───── Records

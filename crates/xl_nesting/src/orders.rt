//! What a run of the form is asked for.

ghost use Rattle.std.specs.Prelude.{All, map};
ghost use Rattle.xl_course.specs.Courses.{commands_of};
ghost use Rattle.xl_nested_script.specs.Lines.{IsPlaced};
ghost use Rattle.xl_nesting.specs.Nesting.{step_of};

use xl_course::{Orders, Step};
use xl_nested_script::{NestCommand, NestScript};

/// What a run is asked for: a script, and whether a line is wanted for each access.
#[derive(Clone, Copy)]
pub struct NestOrders<'a> {
    pub script: &'a NestScript,
    pub answers: bool,
}

impl NestOrders<'_> {
    /// What the script's commands name lies in 64 bits.
    pub(crate) fn fit(&self)
        ensures { All IsPlaced (commands_of (map step_of self.now.script.now.commands)) }
    {
        let _len = self.script.len();
    }
}

impl Orders for NestOrders<'_> {
    type Command = NestCommand;

    type End = ();

    ghost steps = { λ o. map step_of o.script.now.commands };

    ghost answers = { λ o. o.answers };

    ghost end = { λ _. tt };

    fn len(&self) -> usize {
        self.script.len()
    }

    fn step(&self, i: usize) -> Step<NestCommand> {
        match self.script.command(i) {
            NestCommand::Run { n } => Step::Run(n),
            NestCommand::RunRest => Step::RunRest,
            command => Step::Own(command),
        }
    }

    fn answers(&self) -> bool {
        self.answers
    }

    fn end(&self) {}
}
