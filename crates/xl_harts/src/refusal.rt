//! The refusals that are tested before anything changes, and the leaves that commands name.

ghost use Rattle.std.specs.Prelude.{ℕ, ◌≡◌, ◌<◌, [], ◌∷◌, None, Some, true, not, nat_lt, IfOk, IfErr, OnOk};
ghost use Rattle.std.specs.List.{list_any};
ghost use Rattle.xl_model.specs.Addresses.{is_aligned, page_of as page_number};
ghost use Rattle.xl_model.specs.Changes.{Insert, Relocate};
ghost use Rattle.xl_model.specs.Frames.{lowest};
ghost use Rattle.xl_hart_model.specs.Harts.{shared_row, kept_leaves, hart_rule, change_rule, is_full, refused_unless};
ghost use Rattle.xl_model.specs.Mapping.{is_leaf};
ghost use Rattle.xl_model.specs.Rules.{unless, place_rule, there_rule, overlap_rule, frames_rule};
ghost use Rattle.xl_model.specs.Room.{has_room};
ghost use Rattle.xl_model.specs.declared.address.Mode.TheVariants as mode;
ghost use Rattle.xl_model.specs.declared.event.Event.TheVariants as event;
ghost use Rattle.xl_hart_model.specs.declared.hart.HartRefusal.TheVariants as why;
ghost use Rattle.xl_model.specs.declared.perm.Perm.{Perm as PermBits};
ghost use Rattle.xl_model.specs.declared.event.Refusal.TheVariants as refused;
ghost use Rattle.xl_harts.specs.Views.{refusal_of, leaf_at, leaf_of};

use crate::harts::Harts;
use xl_hart_model::{HartRefusal, HartSpec};
use xl_model::{Leaf, Mode, Order, Perm, Refusal, Structure, canonical, page_of};

/// Some permission, of a leaf for which room is looked for.
const READ: Perm = Perm {
    r: true,
    w: false,
    x: false,
    u: false,
};

/// The refusal of a space that isn't one of the spec's.
pub(crate) fn space_refusal(spec: &HartSpec, space: u16) -> Option<Refusal>
    ensures { result ≡ unless (nat_lt space spec.now.spaces) refused.BadSpace }
{
    if space < spec.spaces {
        return None;
    }
    Some(Refusal::BadSpace)
}

/// The refusal of an address in a space: bad space, then not canonical, then misaligned.
fn place_refusal(spec: &HartSpec, space: u16, va: u64, order: Order) -> Option<Refusal>
    ensures { result ≡ place_rule (shared_row spec.now) space order (va ∷ []) }
{
    if space >= spec.spaces {
        return Some(Refusal::BadSpace);
    }
    if !canonical(Mode::Sv39, va) {
        return Some(Refusal::NotCanonical);
    }
    if va % order.bytes() != 0 {
        return Some(Refusal::Misaligned);
    }
    None
}

/// The refusal of two addresses in a space, each test of both in turn.
fn places_refusal(spec: &HartSpec, space: u16, from: u64, to: u64, order: Order) -> Option<Refusal>
    ensures { result ≡ place_rule (shared_row spec.now) space order (from ∷ to ∷ []) }
{
    if space >= spec.spaces {
        return Some(Refusal::BadSpace);
    }
    if !(canonical(Mode::Sv39, from) && canonical(Mode::Sv39, to)) {
        return Some(Refusal::NotCanonical);
    }
    if !(from % order.bytes() == 0 && to % order.bytes() == 0) {
        return Some(Refusal::Misaligned);
    }
    None
}

/// Whether a leaf is the one that is named.
fn is_named(leaf: Leaf, space: u16, first: u64, order: Order) -> bool
    ensures { result ≡ is_leaf space first order leaf }
{
    leaf.space == space && leaf.first == first && leaf.order.level() == order.level()
}

impl Harts {
    /// The leaf that covers the page of an address, where it is the leaf that the command names.
    ///
    /// # Errors
    ///
    /// `Unmapped` where no leaf covers the page, `WrongSize` where a leaf of another order does.
    fn leaf_named(&self, space: u16, va: u64, order: Order) -> Result<Leaf, Refusal>
        requires { space < self.now.spec.spaces }
        ensures refused { IfErr result (λ r. there_rule (shared_row self.now.spec)
            self.now.table.leaves space va order ≡ Some r) }
        ensures allowed { OnOk result (there_rule (shared_row self.now.spec)
            self.now.table.leaves space va order ≡ None) }
        ensures found { IfOk result (λ leaf. leaf_of space va self.now ≡ Some leaf) }
    {
        let first = page_of(Mode::Sv39, va);
        match self.table.leaf_at(space, first) {
            Some(leaf) if is_named(leaf, space, first, order) => Ok(leaf),
            Some(_) => Err(Refusal::WrongSize),
            None => Err(Refusal::Unmapped),
        }
    }

    /// The refusal of a block that overlaps a leaf.
    fn overlap_refusal(&self, space: u16, va: u64, order: Order) -> Option<Refusal>
        requires space { space < self.now.spec.spaces }
        requires aligned { is_aligned order va ≡ true }
        ensures { result ≡ overlap_rule (shared_row self.now.spec) self.now.table.leaves space va
            order }
    {
        if self.table.meets(space, page_of(Mode::Sv39, va), order) {
            return Some(Refusal::Overlap);
        }
        None
    }

    /// The refusal where no block of frames of the order is free.
    fn frames_refusal(&self, order: Order) -> Option<Refusal>
        ensures { result
            ≡ frames_rule (lowest self.now.spec.frames order (kept_leaves self.now)) }
    {
        if self.frames.can_take(order) {
            return None;
        }
        Some(Refusal::NoFrames)
    }

    /// The first of refusals 1 to 7 of a map that holds.
    fn map_rule(&self, space: u16, va: u64, order: Order, _perm: Perm) -> Option<Refusal>
        ensures { result ≡ hart_rule self.now (event.Map space va order _perm) }
    {
        if let Some(refusal) = place_refusal(&self.spec, space, va, order) {
            return Some(refusal);
        }
        if let Some(refusal) = self.overlap_refusal(space, va, order) {
            return Some(refusal);
        }
        self.frames_refusal(order)
    }

    /// The leaf that an unmap names, or a protect, where none of refusals 1 to 7 holds.
    ///
    /// # Errors
    ///
    /// The first of them that holds.
    fn leaf_to_change(&self, space: u16, va: u64, order: Order) -> Result<Leaf, Refusal>
        ensures refused { IfErr result
            (λ r. hart_rule self.now (event.Unmap space va order) ≡ Some r) }
        ensures allowed { OnOk result (hart_rule self.now (event.Unmap space va order) ≡ None) }
        ensures found { IfOk result (λ leaf. leaf_of space va self.now ≡ Some leaf) }
    {
        if let Some(refusal) = place_refusal(&self.spec, space, va, order) {
            return Err(refusal);
        }
        self.leaf_named(space, va, order)
    }

    /// The leaf that a move names, where none of refusals 1 to 7 holds.
    ///
    /// # Errors
    ///
    /// The first of them that holds.
    fn leaf_to_move(&self, space: u16, from: u64, to: u64, order: Order) -> Result<Leaf, Refusal>
        ensures refused { IfErr result
            (λ r. hart_rule self.now (event.Move space from to order) ≡ Some r) }
        ensures allowed { OnOk result (hart_rule self.now (event.Move space from to order) ≡ None) }
        ensures found { IfOk result (λ leaf. leaf_of space from self.now ≡ Some leaf) }
    {
        if let Some(refusal) = places_refusal(&self.spec, space, from, to, order) {
            return Err(refusal);
        }
        let leaf = self.leaf_named(space, from, order)?;
        if let Some(refusal) = self.overlap_refusal(space, to, order) {
            return Err(refusal);
        }
        Ok(leaf)
    }

    /// Whether the table has room for a leaf at the block, which overlaps no leaf.
    fn has_room(&self, space: u16, va: u64, order: Order) -> bool
        requires space { space < self.now.spec.spaces }
        requires aligned { is_aligned order va ≡ true }
        requires free { overlap_rule (shared_row self.now.spec) self.now.table.leaves space va
            order ≡ None }
        ensures { (frame : ℕ) (perm : PermBits) → result
            ≡ has_room (Insert (leaf_at space va order frame perm)) self.now.table.leaves
            self.now.table.shape }
    {
        self.table.has_room(Leaf {
            space,
            first: page_of(Mode::Sv39, va),
            order,
            frame: 0,
            perm: READ,
        })
    }

    /// Refusal 10: some hart's queue is full. The longest queue has all requests of the ring.
    fn queue_refusal(&self) -> Option<HartRefusal>
        ensures { result ≡ refused_unless (not (list_any (is_full self.now.spec) self.now.harts))
            why.QueueFull }
    {
        if self.requests.is_full() {
            return Some(HartRefusal::QueueFull);
        }
        None
    }

    /// The first refusal of a map that holds.
    pub(crate) fn map_refusal(
        &self,
        space: u16,
        va: u64,
        order: Order,
        perm: Perm,
    ) -> Option<HartRefusal>
        ensures { result ≡ refusal_of (event.Map space va order perm) self.now }
    {
        // Reading a field brings in the type's invariant.
        let _spec = &self.spec;
        if let Some(refusal) = self.map_rule(space, va, order, perm) {
            return Some(HartRefusal::Mapping(refusal));
        }
        if !self.has_room(space, va, order) {
            return Some(HartRefusal::Mapping(Refusal::NoTable));
        }
        self.queue_refusal()
    }

    /// The leaf that an unmap names, or a protect.
    ///
    /// # Errors
    ///
    /// The first refusal that holds.
    pub(crate) fn change_refusal(
        &self,
        space: u16,
        va: u64,
        order: Order,
    ) -> Result<Leaf, HartRefusal>
        ensures refused { IfErr result (λ r. refusal_of (event.Unmap space va order) self.now
            ≡ Some r) }
        ensures allowed { OnOk result (refusal_of (event.Unmap space va order) self.now ≡ None) }
        ensures found { IfOk result (λ leaf. leaf_of space va self.now ≡ Some leaf) }
        ensures protect { (perm : PermBits) → refusal_of (event.Protect space va order perm)
            self.now ≡ refusal_of (event.Unmap space va order) self.now }
    {
        // Reading a field brings in the type's invariant.
        let _spec = &self.spec;
        match self.leaf_to_change(space, va, order) {
            Ok(leaf) => match self.queue_refusal() {
                Some(refusal) => Err(refusal),
                None => Ok(leaf),
            },
            Err(refusal) => Err(HartRefusal::Mapping(refusal)),
        }
    }

    /// The leaf that a move names.
    ///
    /// # Errors
    ///
    /// The first refusal that holds.
    pub(crate) fn move_refusal(
        &self,
        space: u16,
        from: u64,
        to: u64,
        order: Order,
    ) -> Result<Leaf, HartRefusal>
        ensures refused { IfErr result (λ r. refusal_of (event.Move space from to order) self.now
            ≡ Some r) }
        ensures allowed { OnOk result (refusal_of (event.Move space from to order) self.now
            ≡ None) }
        ensures found { IfOk result (λ leaf. leaf_of space from self.now ≡ Some leaf) }
    {
        match self.leaf_to_move(space, from, to, order) {
            Ok(leaf) => match self.room_refusal(space, from, to, order) {
                Some(refusal) => Err(refusal),
                None => Ok(leaf),
            },
            Err(refusal) => Err(HartRefusal::Mapping(refusal)),
        }
    }

    /// Refusals 8 and 10 of a move.
    fn room_refusal(&self, space: u16, from: u64, to: u64, order: Order) -> Option<HartRefusal>
        requires { hart_rule self.now (event.Move space from to order) ≡ None }
        ensures { result ≡ change_rule (Some (Relocate space (page_number mode.Sv39 from)
            (page_number mode.Sv39 to) order)) self.now }
    {
        let first = page_of(Mode::Sv39, from);
        let place = page_of(Mode::Sv39, to);
        if !self.table.has_room_to(space, first, place, order) {
            return Some(HartRefusal::Mapping(Refusal::NoTable));
        }
        self.queue_refusal()
    }
}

──────────

Work order:
From the records above, count how many lines hold the string "bool", then give only that number.

Answer:
4